● **Problem**:
Find each line below that includes "IsClosing", then copy it.

=== Excerpted data ===

//! Whole attempts of one caller, nobody else moving.
ghost use Rattle.std.specs.Prelude.{◌≡◌, ◌++◌, ◌∷◌, [], List, IfNone, IfOk, IfSome, IsSome, IsTrue, OnErr, OnOk, length};
ghost use Rattle.std.specs.List.{All};
ghost use Rattle.stm_core.specs.Machine.{next_of};
ghost use Rattle.stm_model.specs.World.{IsCaller};
ghost use Rattle.stm_model.specs.declared.access.Ask.{Ask};
ghost use Rattle.stm_model.specs.declared.access.Ask.TheVariants.{Finish};
ghost use Rattle.world_run.specs.Simulation.{HasSameTerms, Invariant, IsAlwaysTaken, IsOver, IsToDecide, MayBegin, attempt_in, machine_at, replies, terms_in};
ghost use Rattle.world_run.specs.Going.{BodyGoes, ComesThrough, Finishes, GoesAlong, GoesOn, IsClosing, IsDriven, IsEnding, MeetsOwedBy, Pauses, told_ending};
ghost use Rattle.world_run.specs.Run.{AsksMeetOwed, ClosesOpen, HasEnded, Runs};

use crate::simulation::Simulation;
use stm_core::{Next, Reply};
use stm_model::{Ask, Ending, Law, Memory};

impl<L: Law + Drop> Simulation<L> {
    /// Makes a caller's next attempt as a whole, nobody else moving, and gives its ending. It begins, is asked
    /// for each of these in turn and then to finish, unless it is over before, and after each ask it goes on
    /// until it replies. No ask closes a level that none of them opened, and what is written has to meet what is
    /// owed, whatever is read. Who was refused something opens no level after it, so where the next ask closes one
    /// and none is left, it is asked to finish at once, which rolls it back. Where no attempt may begin there is
    /// none, and nothing changes. A before-commit body that has its turn asks for nothing and is over at once, and a
    /// handler that is due counts as run. It may be out of memory for the exchange of the clock alone; the attempt
    /// stands before it then.
    pub fn run_attempt(&mut self, caller: u16, asks: &[Ask]) -> Result<Option<Ending>, Memory>
        requires caller { IsCaller (terms_in self.old) caller }
        requires asks { All (IsAlwaysTaken (length self.old.opening)) asks.now }
        requires levels { ClosesOpen 0 asks.now }
        requires owed { AsksMeetOwed (L.lawful self.old.law) (L.may self.old.law) (length self.old.opening) [] [] (asks.now ++ Finish ∷ []) }
        ensures runs { Runs L.lawful L.may self.old caller asks.now self.new }
        ensures ends { IfOk result (λ made. IfSome made (HasEnded L.lawful L.may self.old caller self.new)) }
        ensures begins { MayBegin self.old caller → IfOk result IsSome }
        ensures stays { IfOk result (λ made. IfNone made (self.new ≡ self.old)) }
        ensures wants { OnErr result (IsToDecide (next_of (attempt_in self.new caller))) }
    {
        if !self.begin(caller) {
            return Ok(None);
        }
        self.run_body(caller, asks)
    }

    // A caller's attempt goes on, is asked for each of these and then to finish, and goes on until it is over.
    fn run_body(&mut self, caller: u16, asks: &[Ask]) -> Result<Option<Ending>, Memory>
        requires caller { IsCaller (terms_in self.old) caller }
        requires asks { All (IsAlwaysTaken (length self.old.opening)) asks.now }
        requires driven { IsDriven (attempt_in self.old caller) }
        requires owed { MeetsOwedBy L.lawful L.may self.old caller (asks.now ++ Finish ∷ []) }
        ensures body { BodyGoes L.lawful L.may self.old caller asks.now self.new }
        ensures over { OnOk result (IsOver (attempt_in self.new caller)) }
        ensures ends { IfOk result (λ made. made ≡ (attempt_in self.new caller).ending) }
        ensures made { IsSome (machine_at self.old caller) → IfOk result IsSome }
        ensures wants { OnErr result (IsToDecide (next_of (attempt_in self.new caller))) }
    {
        self.go_on(caller)?;
        self.ask_all(caller, asks)?;
        self.finish(caller)?;
        Ok(self.ending(caller))
    }

    // Whether a caller's attempt does nothing by itself.
    fn replies(&self, caller: u16) -> bool
        requires { IsCaller (terms_in self.now) caller }
        ensures told { result ≡ replies (next_of (attempt_in self.now caller)) }
        ensures invariant { Invariant L.lawful L.may self.now }
    {
        only_replies(self.next(caller))
    }

    // A caller's attempt goes on by itself until it replies.
    fn settle(&mut self, caller: u16) -> Result<(), Memory>
        requires caller { IsCaller (terms_in self.old) caller }
        requires owed { (asks : List Ask) × MeetsOwedBy L.lawful L.may self.old caller asks }
        ensures goes { GoesOn L.lawful L.may self.old caller [] self.new }
        ensures replies { OnOk result (IsTrue (replies (next_of (attempt_in self.new caller)))) }
        ensures stays { IsTrue (replies (next_of (attempt_in self.old caller))) → self.new ≡ self.old }
        ensures wants { OnErr result (IsToDecide (next_of (attempt_in self.new caller))) }
    {
        while !self.replies(caller) {
            self.advance(caller)?;
        }
        Ok(())
    }

    // A caller's attempt goes on until its own body waits to ask, or it is over. A before-commit body that has its
    // turn is over at once.
    fn go_on(&mut self, caller: u16) -> Result<(), Memory>
        requires caller { IsCaller (terms_in self.old) caller }
        requires driven { IsDriven (attempt_in self.old caller) }
        requires owed { (asks : List Ask) × MeetsOwedBy L.lawful L.may self.old caller asks }
        ensures goes { GoesOn L.lawful L.may self.old caller [] self.new }
        ensures pauses { OnOk result (Pauses (attempt_in self.new caller)) }
        ensures wants { OnErr result (IsToDecide (next_of (attempt_in self.new caller))) }
    {
        self.settle(caller)?;
        while self.end_late(caller) {
            self.settle(caller)?;
        }
        Ok(())
    }

    // A caller's attempt is asked for each of these, and goes on after it, unless it is over before, or was refused
    // something and can't close a level.
    fn ask_all(&mut self, caller: u16, asks: &[Ask]) -> Result<(), Memory>
        requires caller { IsCaller (terms_in self.old) caller }
        requires asks { All (IsAlwaysTaken (length self.old.opening)) asks.now }
        requires pauses { Pauses (attempt_in self.old caller) }
        requires owed { MeetsOwedBy L.lawful L.may self.old caller (asks.now ++ Finish ∷ []) }
        ensures along { GoesAlong L.lawful L.may self.old caller asks.now self.new }
        ensures through { OnOk result (ComesThrough L.lawful L.may self.old caller asks.now self.new) }
        ensures pauses { OnOk result (Pauses (attempt_in self.new caller)) }
        ensures wants { OnErr result (IsToDecide (next_of (attempt_in self.new caller))) }
    {
        for &ask in asks {
            if !self.waits(caller) {
                return Ok(());
            }
            if !self.ask(caller, ask) {
                return Ok(());
            }
            self.go_on(caller)?;
        }
        Ok(())
    }

    // A caller's attempt is asked to finish, unless it is over.
    fn ask_to_finish(&mut self, caller: u16)
        requires caller { IsCaller (terms_in self.old) caller }
        requires pauses { Pauses (attempt_in self.old caller) }
        ensures goes { Finishes L.lawful L.may self.old caller self.new }
        ensures ending { IsEnding (attempt_in self.new caller) }
        ensures driven { IsDriven (attempt_in self.new caller) }
        ensures terms { HasSameTerms self.old self.new }
    {
        if !self.waits(caller) {
            return;
        }
        self.ask(caller, Ask::Finish);
    }

    // A caller's attempt is asked to finish, unless it is over, and goes on until it is.
    fn finish(&mut self, caller: u16) -> Result<(), Memory>
        requires caller { IsCaller (terms_in self.old) caller }
        requires pauses { Pauses (attempt_in self.old caller) }
        requires owed { MeetsOwedBy L.lawful L.may self.old caller (Finish ∷ []) }
        ensures goes { Finishes L.lawful L.may self.old caller self.new }
        ensures closing { IsClosing (attempt_in self.new caller).stage }
        ensures over { OnOk result (IsOver (attempt_in self.new caller)) }
        ensures wants { OnErr result (IsToDecide (next_of (attempt_in self.new caller))) }
    {
        self.ask_to_finish(caller);
        self.go_on(caller)
    }

    // How a caller's attempt ended.
    fn ending(&self, caller: u16) -> Option<Ending>
        requires caller { IsCaller (terms_in self.now) caller }
        requires over { IsOver (attempt_in self.now caller) }
        ensures ending { result ≡ (attempt_in self.now caller).ending }
        ensures told { IsSome (machine_at self.now caller) → IsSome result }
    {
        ending_in(self.next(caller))
    }
}

// Whether this is a reply, or nothing comes next.
fn only_replies(next: Option<Next>) -> bool
    ensures { result ≡ replies next }
{
    matches!(next, None | Some(Next::Before { .. } | Next::Reply(_)))
}

// The ending that a reply tells.
fn ending_in(next: Option<Next>) -> Option<Ending>
    ensures { result ≡ told_ending next }
{
    match next {
        Some(Next::Reply(Reply::Ended(ending))) => Some(ending),
        _ => None,
    }
}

===

● **Answer section**:
ghost use Rattle.world_run.specs.Going.{BodyGoes, ComesThrough, Finishes, GoesAlong, GoesOn, IsClosing, IsDriven, IsEnding, MeetsOwedBy, Pauses, told_ending};
        ensures closing { IsClosing (attempt_in self.new caller).stage }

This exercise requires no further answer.